I've performed 3 digests -1 with EcoRI, another with both Hind3 and Nde1 and a third digest with XmnI with three unknown cDNA inserts -A, B and C. The possible identities of the inserts have been provided.

Having carried out electrophoresis and obtaining the nucleotide sequences for each insert from an online database, I need to identify which sample is which.

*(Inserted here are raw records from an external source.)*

/// Translation is on for data, DR, bit 59.
const DATA: u64 = 1 << 4;

/// Problem state, PR, bit 49.
const PROBLEM: u64 = 1 << 14;

/// A real address, and the doubleword that stands there, most significant byte first.
#[derive(Clone, Copy)]
struct Word(u32, u64);

/// The tree of process 1, of 52 bits in levels of 13, 9, 9 and 9: page 0 is read, written and executed, and page 5 read
/// and written. Its process table of 4 KiB stands at 10000.
#[rattlefmt::skip]
static TREE: [Word; 6] = [
    Word(0x1_0010, 0x4000_0000_0002_00ad),
    Word(0x2_0000, 0x8000_0000_0003_0009),
    Word(0x3_0000, 0x8000_0000_0003_1009),
    Word(0x3_1000, 0x8000_0000_0003_2009),
    Word(0x3_2000, 0xc000_0000_0000_0187),
    Word(0x3_2028, 0xc000_0000_0000_5186),
];

/// Puts doublewords where they stand.
fn lay(ram: &mut Ram, words: &[Word]) {
    for Word(at, word) in words {
        ram.write(u64::from(*at), &word.to_be_bytes());
    }
}

/// Takes doublewords away again, and puts those of the tree back.
fn clear(ram: &mut Ram, words: &[Word]) {
    for Word(at, _) in words {
        ram.write(u64::from(*at), &[0; 8]);
    }
    lay(ram, &TREE);
}

/// RAM with the tree, and nothing else.
fn ram_with_tree(alloc: Global) -> Result<Ram, NoMemory> {
    let mut ram = Ram::new(alloc, &[])?;
    lay(&mut ram, &TREE);
    Ok(ram)
}

/// The start's registers, with bits of MSR set, and with PRTBL and PIDR.
fn regs_with(msr: u64, prtbl: u64, pidr: u32) -> Regs {
    let regs = Regs::new();
    Regs {
        msr: regs.msr | msr,
        prtbl,
        pidr,
        ..regs
    }
}

/// The real address that is found for an access.
fn found(ram: &Ram, regs: &Regs, kind: Kind, ea: u64) -> Found {
    let there = translate(&mut RamTables::new(ram), regs, kind, ea)?;
    Ok(there.real)
}

/// What a fetch, a load and a store find.
fn found_by_kinds(ram: &Ram, regs: &Regs, ea: u64) -> [Found; 3] {
    [
        found(ram, regs, Kind::Fetch, ea),
        found(ram, regs, Kind::Load, ea),
        found(ram, regs, Kind::Store, ea),
    ]
}

/// The doublewords that differ from the tree's, PRTBL, PIDR, an effective address, and what a load finds there.
struct Row {
    changed: &'static [Word],
    prtbl: u64,
    pid: u32,
    ea: u64,
    real: Found,
}

/// PRTBL and process entries with a field at an end, each beside a neighbour that translates.
#[rattlefmt::skip]
static PROCESSES: [Row; 43] = [
    // size field 0, 4 KiB: the last process in the table, and the one beyond, of which an entry stands there
    Row { changed: &[Word(0x1_0ff0, 0x4000_0000_0002_00ad), Word(0x1_1000, 0x4000_0000_0002_00ad)], prtbl: 0x1_0000, pid: 255, ea: 0x5123, real: Ok(0x5123) },
    Row { changed: &[Word(0x1_0ff0, 0x4000_0000_0002_00ad), Word(0x1_1000, 0x4000_0000_0002_00ad)], prtbl: 0x1_0000, pid: 256, ea: 0x5123, real: NOTHING },
    // size field 1, 8 KiB: the same process, the last one, and the one beyond
    Row { changed: &[Word(0x1_1000, 0x4000_0000_0002_00ad)], prtbl: 0x1_0001, pid: 256, ea: 0x5123, real: Ok(0x5123) },
    Row { changed: &[Word(0x1_1ff0, 0x4000_0000_0002_00ad)], prtbl: 0x1_0001, pid: 511, ea: 0x5123, real: Ok(0x5123) },
    Row { changed: &[Word(0x1_2000, 0x4000_0000_0002_00ad)], prtbl: 0x1_0001, pid: 512, ea: 0x5123, real: NOTHING },
    // a table of 2^32 processes whose last one stands at ff0, behind the last real address; one of 2^31
    Row { changed: &[Word(0xff0, 0x4000_0000_0002_00ad)], prtbl: 0x0fff_fff0_0000_1018, pid: 0xffff_ffff, ea: 0x5123, real: Ok(0x5123) },
    Row { changed: &[Word(0xff0, 0x4000_0000_0002_00ad)], prtbl: 0x0fff_fff0_0000_101f, pid: 0xffff_ffff, ea: 0x5123, real: Ok(0x5123) },
    Row { changed: &[Word(0xff0, 0x4000_0000_0002_00ad)], prtbl: 0x0fff_fff0_0000_1017, pid: 0xffff_ffff, ea: 0x5123, real: NOTHING },
    // a table at the last 4 KiB of real addresses, where all is ones, and behind them at 0
    Row { changed: &[Word(0, 0x4000_0000_0002_00ad)], prtbl: 0x0fff_ffff_ffff_f001, pid: 256, ea: 0x5123, real: Ok(0x5123) },
    Row { changed: &[Word(0, 0x4000_0000_0002_00ad)], prtbl: 0x0fff_ffff_ffff_f001, pid: 255, ea: 0x5123, real: BAD_TREE },
    // the lowest bit of the base, the highest one, and the bits that no field has
    Row { changed: &[Word(0x1_0010, 0), Word(0x1_1010, 0x4000_0000_0002_00ad)], prtbl: 0x1_1000, pid: 1, ea: 0x5123, real: Ok(0x5123) },
    Row { changed: &[], prtbl: 0x0800_0000_0001_0000, pid: 1, ea: 0x5123, real: BAD_TREE },
    Row { changed: &[], prtbl: 0xf000_0000_0001_0fe0, pid: 1, ea: 0x5123, real: Ok(0x5123) },
    Row { changed: &[Word(0x1_1000, 0x4000_0000_0002_00ad)], prtbl: 0xf000_0000_0001_0fe0, pid: 256, ea: 0x5123, real: NOTHING },
    // 52 bits: the last address in the tree, the one beyond, and the highest one that isn't the quadrant's
    Row { changed: &[Word(0x2_fff8, 0xc000_0000_0000_0184)], prtbl: 0x1_0000, pid: 1, ea: 0x000f_ffff_ffff_ffff, real: Ok(0x7f_ffff_ffff) },
    Row { changed: &[Word(0x2_fff8, 0xc000_0000_0000_0184)], prtbl: 0x1_0000, pid: 1, ea: 0x0010_0000_0000_0000, real: SEGMENT },
    Row { changed: &[], prtbl: 0x1_0000, pid: 1, ea: 0x2000_0000_0000_5123, real: SEGMENT },
    // 31 bits, 16 of them of the root: the 15 low bits of the leaf's address are the effective one's
    Row { changed: &[Word(0x1_0010, 0x0000_0000_0002_0010), Word(0x9_fff8, 0xc000_0000_0012_3184)], prtbl: 0x1_0000, pid: 1, ea: 0x7fff_ffff, real: Ok(0x12_7fff) },
    Row { changed: &[Word(0x1_0010, 0x0000_0000_0002_0010), Word(0x9_fff8, 0xc000_0000_0012_3184)], prtbl: 0x1_0000, pid: 1, ea: 0x8000_0000, real: SEGMENT },
    // 32 bits: the lowest bit of the size
    Row { changed: &[Word(0x1_0010, 0x0000_0000_0002_0030), Word(0x6_0000, 0xc000_0000_0012_3184)], prtbl: 0x1_0000, pid: 1, ea: 0x8000_0000, real: Ok(0x12_0000) },
    Row { changed: &[Word(0x1_0010, 0x0000_0000_0002_0030)], prtbl: 0x1_0000, pid: 1, ea: 0x1_0000_0000, real: SEGMENT },
    // 35 and 39 bits: where the two fields of the size meet
    Row { changed: &[Word(0x1_0010, 0x0000_0000_0002_0090), Word(0x9_fff8, 0xc000_0000_0012_3184)], prtbl: 0x1_0000, pid: 1, ea: 0x7_ffff_ffff, real: Ok(0x17_ffff) },
    Row { changed: &[Word(0x1_0010, 0x0000_0000_0002_0090)], prtbl: 0x1_0000, pid: 1, ea: 0x8_0000_0000, real: SEGMENT },
    Row { changed: &[Word(0x1_0010, 0x2000_0000_0002_0010), Word(0x9_fff8, 0xc000_0000_0912_3184)], prtbl: 0x1_0000, pid: 1, ea: 0x7f_ffff_ffff, real: Ok(0x97f_ffff) },
    Row { changed: &[Word(0x1_0010, 0x2000_0000_0002_0010)], prtbl: 0x1_0000, pid: 1, ea: 0x80_0000_0000, real: SEGMENT },
    // 61 bits, 13 of them of the root, and 62, behind which the next quadrant begins
    Row { changed: &[Word(0x1_0010, 0x6000_0000_0002_00cd), Word(0x2_fff8, 0xc1ff_ffff_ffff_f184)], prtbl: 0x1_0000, pid: 1, ea: 0x1fff_0000_0000_1234, real: Ok(0x01ff_0000_0000_1234) },
    Row { changed: &[Word(0x1_0010, 0x6000_0000_0002_00cd)], prtbl: 0x1_0000, pid: 1, ea: 0x2000_0000_0000_0000, real: SEGMENT },
    Row { changed: &[Word(0x1_0010, 0x6000_0000_0002_00ed), Word(0x2_fff8, 0xc1ff_ffff_ffff_f184)], prtbl: 0x1_0000, pid: 1, ea: 0x3ffe_0000_0000_1234, real: Ok(0x01fe_0000_0000_1234) },
    Row { changed: &[Word(0x1_0010, 0x6000_0000_0002_00ed), Word(0x2_fff8, 0xc1ff_ffff_ffff_f184)], prtbl: 0x1_0000, pid: 1, ea: 0x3fff_ffff_ffff_ffff, real: Ok(0x01ff_ffff_ffff_ffff) },
    Row { changed: &[Word(0x1_0010, 0x6000_0000_0002_00ed)], prtbl: 0x1_0000, pid: 1, ea: 0x4000_0000_0000_0000, real: SEGMENT },
    // the lowest bit of the root's address, the highest one, where all is ones, and the bits that no field has
    Row { changed: &[Word(0x1_0010, 0x4000_0000_0002_01ad), Word(0x2_0100, 0xc000_0080_0000_0184)], prtbl: 0x1_0000, pid: 1, ea: 0x1234, real: Ok(0x80_0000_1234) },
    Row { changed: &[Word(0x1_0010, 0x4800_0000_0002_00ad)], prtbl: 0x1_0000, pid: 1, ea: 0x1234, real: Ok(0x01ff_ff80_0000_1234) },
    Row { changed: &[Word(0x1_0010, 0xd000_0000_0002_00ad)], prtbl: 0x1_0000, pid: 1, ea: 0x5123, real: Ok(0x5123) },
    // the last 32 entries before the end of real addresses, and the one behind it at 0
    Row { changed: &[Word(0x1_0010, 0x4fff_ffff_ffff_ffad), Word(0, 0xc000_0080_0000_0184)], prtbl: 0x1_0000, pid: 1, ea: 0x1000_0000_1234, real: Ok(0x80_0000_1234) },
    Row { changed: &[Word(0x1_0010, 0x4fff_ffff_ffff_ffad), Word(0, 0xc000_0080_0000_0184)], prtbl: 0x1_0000, pid: 1, ea: 0x0f80_0000_1234, real: Ok(0x01ff_ff80_0000_1234) },
    // a root of 5 bits, and of 4, 0
    Row { changed: &[Word(0x1_0010, 0x4000_0000_0002_00a5), Word(0x2_0008, 0xc001_8000_0000_0184)], prtbl: 0x1_0000, pid: 1, ea: 0x8000_0000_1234, real: Ok(0x1_8000_0000_1234) },
    Row { changed: &[Word(0x1_0010, 0x4000_0000_0002_00a4), Word(0x2_0008, 0xc001_8000_0000_0184)], prtbl: 0x1_0000, pid: 1, ea: 0x1_0000_0000_1234, real: BAD_TREE },
    Row { changed: &[Word(0x1_0010, 0x4000_0000_0002_00a0), Word(0x2_0000, 0xc001_8000_0000_0184)], prtbl: 0x1_0000, pid: 1, ea: 0x1234, real: BAD_TREE },
    // a root of 16 bits, and of 17, 31
    Row { changed: &[Word(0x1_0010, 0x4000_0000_0002_00b0), Word(0x2_0008, 0xc000_0030_0000_0184)], prtbl: 0x1_0000, pid: 1, ea: 0x10_0000_1234, real: Ok(0x30_0000_1234) },
    Row { changed: &[Word(0x1_0010, 0x4000_0000_0002_00b1), Word(0x2_0008, 0xc000_0030_0000_0184)], prtbl: 0x1_0000, pid: 1, ea: 0x8_0000_1234, real: BAD_TREE },
    Row { changed: &[Word(0x1_0010, 0x4000_0000_0002_00bf)], prtbl: 0x1_0000, pid: 1, ea: 0x5123, real: BAD_TREE },
    // an entry of zeros: 31 bits, and a root of none, which is seen behind the tree's size
    Row { changed: &[], prtbl: 0x1_0000, pid: 2, ea: 0x7fff_ffff, real: BAD_TREE },
    Row { changed: &[], prtbl: 0x1_0000, pid: 2, ea: 0x8000_0000, real: SEGMENT },
];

The vector used is pGEM-T. I've inputted each sequence into a restriction webmapper to find the point(s) at which each restriction enzyme cuts. To calculate the theoretical size of each insert and in turn identify is which, would I need to subtract the value given at the 'cut site' from the total vector size then add the values from the webmapper in turn to see which corresponds to the band sizes on the gel? For example, the size of the vector is 3000bp, the restriction enzyme that cut each insert cuts the vector at value x and the cDNA at points y and/or z.
Would my calculation be: 3000-x+y then 3000-x+z and check which corresponds to the bands on my gel? Or should both y and z correspond to each of the 2 bands per sample?

What I have done:

On my gel each digest gave two bands for each of the three samples. I took the size between the two bands as one fragment then subtracted this from the size of the vector to give the size of the second fragment.
When using the webmapper, only Xmn1 was found. On clicking on it, I'm given 2 cut sites. At this point, I'm unsure about how to use this information to identify which insert is which and I'm unsure of how to take the fact that my vector is circular and the webmapper results are linear, into account.

Any (simple and step-wise) help would be very much appreciated as I've never done this before although I'm sure it's very straightforward.

I've searched the forum and found a very similar question however, I'm not able to use alternative methods (or carry out further lab work) to work out which insert is which.

Sounds like an exam question....not much more to answer here since you already have the sequence.

NemomeN007 on Thu Aug 26 20:58:35 2010 said:

Er, thanks for replying anyway.

It's not an exam question. As I said, I've not done this type of experiment before and it's not an ongoing investigation just a one-off to learn the technique. I just wanted to know if what I'm doing so far is what I should be doing.